# The-Digital-Picture posts Canon R3 ISO noise results



## H. Jones (Nov 3, 2021)

Link to test results https://www.the-digital-picture.com/Reviews/Camera-Noise.aspx?Camera=1553

Excited to see the dynamic range results soon!


----------



## privatebydesign (Nov 3, 2021)

I see very little difference at 12,800 from the 1DX II. Maybe the magenta cast has shifted to green but both are easily removed.

I'm not expecting any kind of real world gain in DR. The Sony models did not see DR gains when they moved to BSI sensors, it seems the the ch doesn't scale well because it made a huge difference to phone sized sensors.


----------



## H. Jones (Nov 3, 2021)

privatebydesign said:


> I see very little difference at 12,800 from the 1DX II. Maybe the magenta cast has shifted to green but both are easily removed.
> 
> I'm not expecting any kind of real world gain in DR. The Sony models did not see DR gains when they moved to BSI sensors, it seems the the ch doesn't scale well because it made a huge difference to phone sized sensors.



Sorry, I should have clarified--I'm excited to see if the electronic shutter of the R3 can keep up the dynamic range of the non-electronic shutter options. In the R5, you definitely lost DR when using the electronic shutter. 

That will decide whether my R3 remains in E-shutter all of the time, or if I use it in mechanical shutter when I need DR over high FPS. But if it remains consistent, I'll probably never use the mechanical shutter.


----------



## john1970 (Nov 3, 2021)

No difference in noise performance vs. 1Dx MkII either as best as I can tell although I guess you go get a a few more pixels with the R3 ( 24.1 vs 20.2 MP), which is of little practical concern. I concur with the above post that I would really like to see DR measurements with electronic vs. mechanical shutter.


----------



## AlanF (Nov 4, 2021)

H. Jones said:


> Sorry, I should have clarified--I'm excited to see if the electronic shutter of the R3 can keep up the dynamic range of the non-electronic shutter options. In the R5, you definitely lost DR when using the electronic shutter.
> 
> That will decide whether my R3 remains in E-shutter all of the time, or if I use it in mechanical shutter when I need DR over high FPS. But if it remains consistent, I'll probably never use the mechanical shutter.

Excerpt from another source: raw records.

// The run of a script.
ghost use Rattle.std.specs.Prelude.{◌≡◌, ◌≢◌, ◌≤◌, ◌<◌, [], ◌++◌, ◌⊎◌, OnOk, OnErr, IsErrOf, IfSome, IfNone, length, take};
ghost use Rattle.std.specs.Io.KnownBytes.{IsAtEnd};
ghost use Rattle.hx_ports.specs.Causes.{Rose};
ghost use Rattle.hx_ports.specs.Pieces.{OfBytes, most_stream_bytes, IsCalm};
ghost use Rattle.hx_script.specs.Inside.{IsIdle};
ghost use Rattle.hx_script.specs.Lines.{asking, script_lines};
ghost use Rattle.hx_script.specs.Running.{Does, Cuts, HasNoEnd, IsWaiting, EndsAt, most_kept, Feeds, CutsPiece, IsKept, ReadsFront};

use crate::responder::Responder;
use hx_core::Cluster;
use hx_object::NoMemory;
use hx_ports::{Keeper, MOST_STREAM_BYTES, Sink, Source, Unwritten, piece_of, read_piece};
use memchr::memchr;
use std::alloc::Global;

/// How the run of a script ended.
#[derive(Clone, Copy, Debug, PartialEq, Eq)]
pub enum RunEnd {
    /// The script was read to its end, and each line answered.
    Done,
    ReadFault,
    /// A write failed, or took nothing of a piece that wasn't empty.
    WriteFault,
    /// The script has more than 2^40 bytes.
    TooLong,
    NoMemory,
}

/// Why no more lines are answered.
#[derive(Clone, Copy, Debug, PartialEq, Eq)]
pub enum Stop {
    WriteFault,
    NoMemory,
}

impl From<Unwritten> for Stop {
    ghost use Rattle.hx_script.specs.declared.script.Stop.TheVariants.{WriteFault};

    ghost from_gives = { λ _ stop. stop ≡ WriteFault };

    fn from(_fault: Unwritten) -> Stop {
        Stop::WriteFault
    }
}

impl From<NoMemory> for Stop {
    ghost use Rattle.hx_script.specs.declared.script.Stop.TheVariants.{NoMemory};

    ghost from_gives = { λ _ stop. stop ≡ NoMemory };

    fn from(_fault: NoMemory) -> Stop {
        Stop::NoMemory
    }
}

impl Stop {
    fn end(self) -> RunEnd
        ensures write { self ≡ Stop.WriteFault → result ≡ RunEnd.WriteFault }
        ensures memory { self ≡ Stop.NoMemory → result ≡ RunEnd.NoMemory }
    {
        match self {
            Stop::WriteFault => RunEnd::WriteFault,
            Stop::NoMemory => RunEnd::NoMemory,
        }
    }
}

/// The most bytes that are kept of a line: two more than it may have.
const MOST_KEPT: usize = 131_074;

/// Keeps a stretch of a line that hasn't ended, up to the most bytes.
fn keep(waiting: &mut Vec<u8>, stretch: &[u8]) -> Result<(), NoMemory>
    requires { length waiting.old.items ≤ most_kept }
    ensures { OnOk result (waiting.new.items ≡ take most_kept (waiting.old.items ++ stretch.now)) }
{
    let room = MOST_KEPT - waiting.len();
    let count = stretch.len().min(room);
    waiting.extend_from_slice(&stretch[..count])?;
    Ok(())
}

/// Where the first line feed is.
fn first_end(piece: &[u8]) -> Option<usize>
    ensures found { IfSome result (λ end. EndsAt piece.now end) }
    ensures none { IfNone result (HasNoEnd piece.now) }
{
    memchr(b'\n', piece)
}

/// Answers the line that a stretch ends. Where nothing waits it is answered from where it lies.
fn end_line<W: Sink, K: Keeper>(
    responder: &mut Responder,
    cluster: &mut Cluster<K>,
    sink: &mut W,
    waiting: &mut Vec<u8>,
    stretch: &[u8],
) -> Result<(), Stop>
    requires few { length waiting.old.items ≤ most_kept }
    requires idle { IsIdle cluster.old }
    ensures idle { IsIdle cluster.new }
    ensures cleared { OnOk result (waiting.new.items ≡ []) }
    ensures does { OnOk result (Does (asking (waiting.old.items ++ stretch.now)) cluster.old cluster.new (W.shown sink.old).written (W.shown sink.new).written) }
    ensures cut { OnErr result (Cuts (asking (waiting.old.items ++ stretch.now)) cluster.old cluster.new (W.shown sink.old).written (W.shown sink.new).written) }
    ensures later { ((W.shown sink.old).faults ≤ (W.shown sink.new).faults) × ((W.shown sink.old).stalls ≤ (W.shown sink.new).stalls) }
    ensures still { OnOk result (IsCalm (W.shown sink.old) (W.shown sink.new)) }
    ensures cause { IsErrOf result Stop.WriteFault → Rose (W.shown sink.old).faults (W.shown sink.new).faults ⊎ Rose (W.shown sink.old).stalls (W.shown sink.new).stalls }
    ensures memory { IsErrOf result Stop.NoMemory → IsCalm (W.shown sink.old) (W.shown sink.new) }
{
    if waiting.is_empty() {
        responder.answer_part(cluster, sink, stretch)?;
        return Ok(());
    }
    keep(waiting, stretch)?;
    responder.answer_part(cluster, sink, waiting.as_slice())?;
    waiting.clear();
    Ok(())
}

/// Takes the next piece of the script: answers the lines that it ends, and keeps the rest.
fn feed<W: Sink, K: Keeper>(
    responder: &mut Responder,
    cluster: &mut Cluster<K>,
    sink: &mut W,
    waiting: &mut Vec<u8>,
    piece: &[u8],
) -> Result<(), Stop>
    requires waits { IsWaiting waiting.old.items }
    requires idle { IsIdle cluster.old }
    ensures idle { IsIdle cluster.new }
    ensures waits { OnOk result (IsWaiting waiting.new.items) }
    ensures kept { OnOk result (IsKept (waiting.old.items ++ piece.now) waiting.new.items) }
    ensures feeds { OnOk result (Feeds waiting.old.items piece.now waiting.new.items cluster.old cluster.new (W.shown sink.old).written (W.shown sink.new).written) }
    ensures cut { OnErr result (CutsPiece waiting.old.items piece.now cluster.old cluster.new (W.shown sink.old).written (W.shown sink.new).written) }
    ensures later { ((W.shown sink.old).faults ≤ (W.shown sink.new).faults) × ((W.shown sink.old).stalls ≤ (W.shown sink.new).stalls) }
    ensures still { OnOk result (IsCalm (W.shown sink.old) (W.shown sink.new)) }
    ensures cause { IsErrOf result Stop.WriteFault → Rose (W.shown sink.old).faults (W.shown sink.new).faults ⊎ Rose (W.shown sink.old).stalls (W.shown sink.new).stalls }
    ensures memory { IsErrOf result Stop.NoMemory → IsCalm (W.shown sink.old) (W.shown sink.new) }
{
    let mut at = 0;
    while let Some(end) = first_end(&piece[at..]) {
        end_line(responder, cluster, sink, waiting, &piece[at..at + end])?;
        at += end + 1;
    }
    keep(waiting, &piece[at..])?;
    Ok(())
}

/// How many bytes are read at a time.
const PIECE_BYTES: usize = 65_536;

/// Reads a script to its end, and answers its lines in order.
pub fn run_script<S: Source, W: Sink, K: Keeper>(
    alloc: Global,
    source: &mut S,
    sink: &mut W,
    cluster: &mut Cluster<K>,
) -> RunEnd
    requires { cluster.old.workers.hands ≡ [] }
    ensures done { result ≡ RunEnd.Done → OfBytes (S.shown source.old).left (λ script. (length script ≤ most_stream_bytes) × Does (script_lines script) cluster.old cluster.new (W.shown sink.old).written (W.shown sink.new).written) }
    ensures cut { result ≢ RunEnd.Done → OfBytes (S.shown source.old).left (λ script. Cuts (script_lines script) cluster.old cluster.new (W.shown sink.old).written (W.shown sink.new).written) }
    ensures too_long { result ≡ RunEnd.TooLong → OfBytes (S.shown source.old).left (λ script. (most_stream_bytes < length script) × Cuts (script_lines script) cluster.old cluster.new (W.shown sink.old).written (W.shown sink.new).written) }
    ensures unread { result ≡ RunEnd.ReadFault → ReadsFront (S.shown source.old).left (S.shown source.new).left cluster.old cluster.new (W.shown sink.old).written (W.shown sink.new).written }
    ensures end { result ≡ RunEnd.Done → IsAtEnd (S.shown source.new).left }
    ensures read_calm { result ≢ RunEnd.ReadFault → (S.shown source.new).faults ≡ (S.shown source.old).faults }
    ensures write_calm { result ≢ RunEnd.WriteFault → IsCalm (W.shown sink.old) (W.shown sink.new) }
    ensures read_fault { result ≡ RunEnd.ReadFault → Rose (S.shown source.old).faults (S.shown source.new).faults }
    ensures write_fault { result ≡ RunEnd.WriteFault → Rose (W.shown sink.old).faults (W.shown sink.new).faults ⊎ Rose (W.shown sink.old).stalls (W.shown sink.new).stalls }
{
    let Ok(mut piece) = piece_of(alloc, PIECE_BYTES) else {
        return RunEnd::NoMemory;
    };
    let mut responder = Responder::new(alloc);
    let mut waiting = Vec::new(alloc);
    let mut total = 0;
    'reading: loop {
        let count = match read_piece(source, &mut piece) {
            Ok(count) => count,
            Err(_) => return RunEnd::ReadFault,
        };
        if count == 0 {
            break;
        }
        if MOST_STREAM_BYTES - total < count as u64 {
            return RunEnd::TooLong;
        }
        total += count as u64;
        if let Err(stop) = feed(&mut responder, cluster, sink, &mut waiting, &piece[..count]) {
            return stop.end();
        }
    }
    match responder.answer_part(cluster, sink, waiting.as_slice()) {
        Ok(()) => RunEnd::Done,
        Err(Unwritten) => RunEnd::WriteFault,
    }
}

You lose DR with the R5 in ES mode relative to its or the 1DX III mechanical shutter mode only below about iso 200-400 or so. How can you see that in those TDP charts?


Photographic Dynamic Range versus ISO Setting


----------



## H. Jones (Nov 4, 2021)

AlanF said:


> You lose DR with the R5 in ES mode relative to its or the 1DX III mechanical shutter mode only below about iso 200-400 or so. How can you see that in those TDP charts?
> 
> 
> Photographic Dynamic Range versus ISO Setting






It's not hugely significant but it's still definitely there--in high DR situations(normally, bright sunlight with deep shadows where I'm using ISO 100 anyway) I definitely have seen the difference in the noise pattern while trying to bring up the shadows. It's not major, but it's definitely a reason for me to typically use mechanical shutter on my R5 if I don't need to capture particularly fast action. 

I know the R5 kicks down to 12-bit in E-shutter, so I think that would be part of why it changes. If so, I would imagine the R3 at 24mp can pull off 14 bit raw in E-shutter, which I believe would negate any difference.


----------



## AlanF (Nov 4, 2021)

H. Jones said:


> View attachment 201101
> 
> 
> It's not hugely significant but it's still definitely there--in high DR situations(normally, bright sunlight with deep shadows where I'm using ISO 100 anyway) I definitely have seen the difference in the noise pattern while trying to bring up the shadows. It's not major, but it's definitely a reason for me to typically use mechanical shutter on my R5 if I don't need to capture particularly fast action.
> ...


I did write that there is a difference between ES and MS DR below about iso200-400 and gave a link to the measurements that show that. It's in forums time after time that there is a loss of DR with the R5 in ES. But, the crucial point, which I was pointing out, is that the difference in DR disappears above about iso 200-400, and most of the posters don't know that. I never shoot wild life below that iso range so there is no DR disadvantage to me using ES, and I suspect I am not the only one in this situation. And, if you are shooting landscapes that require the highest DR, then, as you say, there no need to to use ES over EFCS or MS at iso100. It's a minor issue.


----------



## neuroanatomist (Nov 4, 2021)

AlanF said:


> But, the crucial point, which I was pointing out, is that the difference in DR disappears above about iso 200-400, and most of the posters don't know that.


During the DRone Wars here on CR, the SoNikon pushers could not wrap their heads around the fact that not everyone shoots at base ISO. When you need high shutter speeds (shorter than 1/2000 s) at relatively narrower apertures (e.g. 600/4 with a TC), the ISO needs to be fairly high.


----------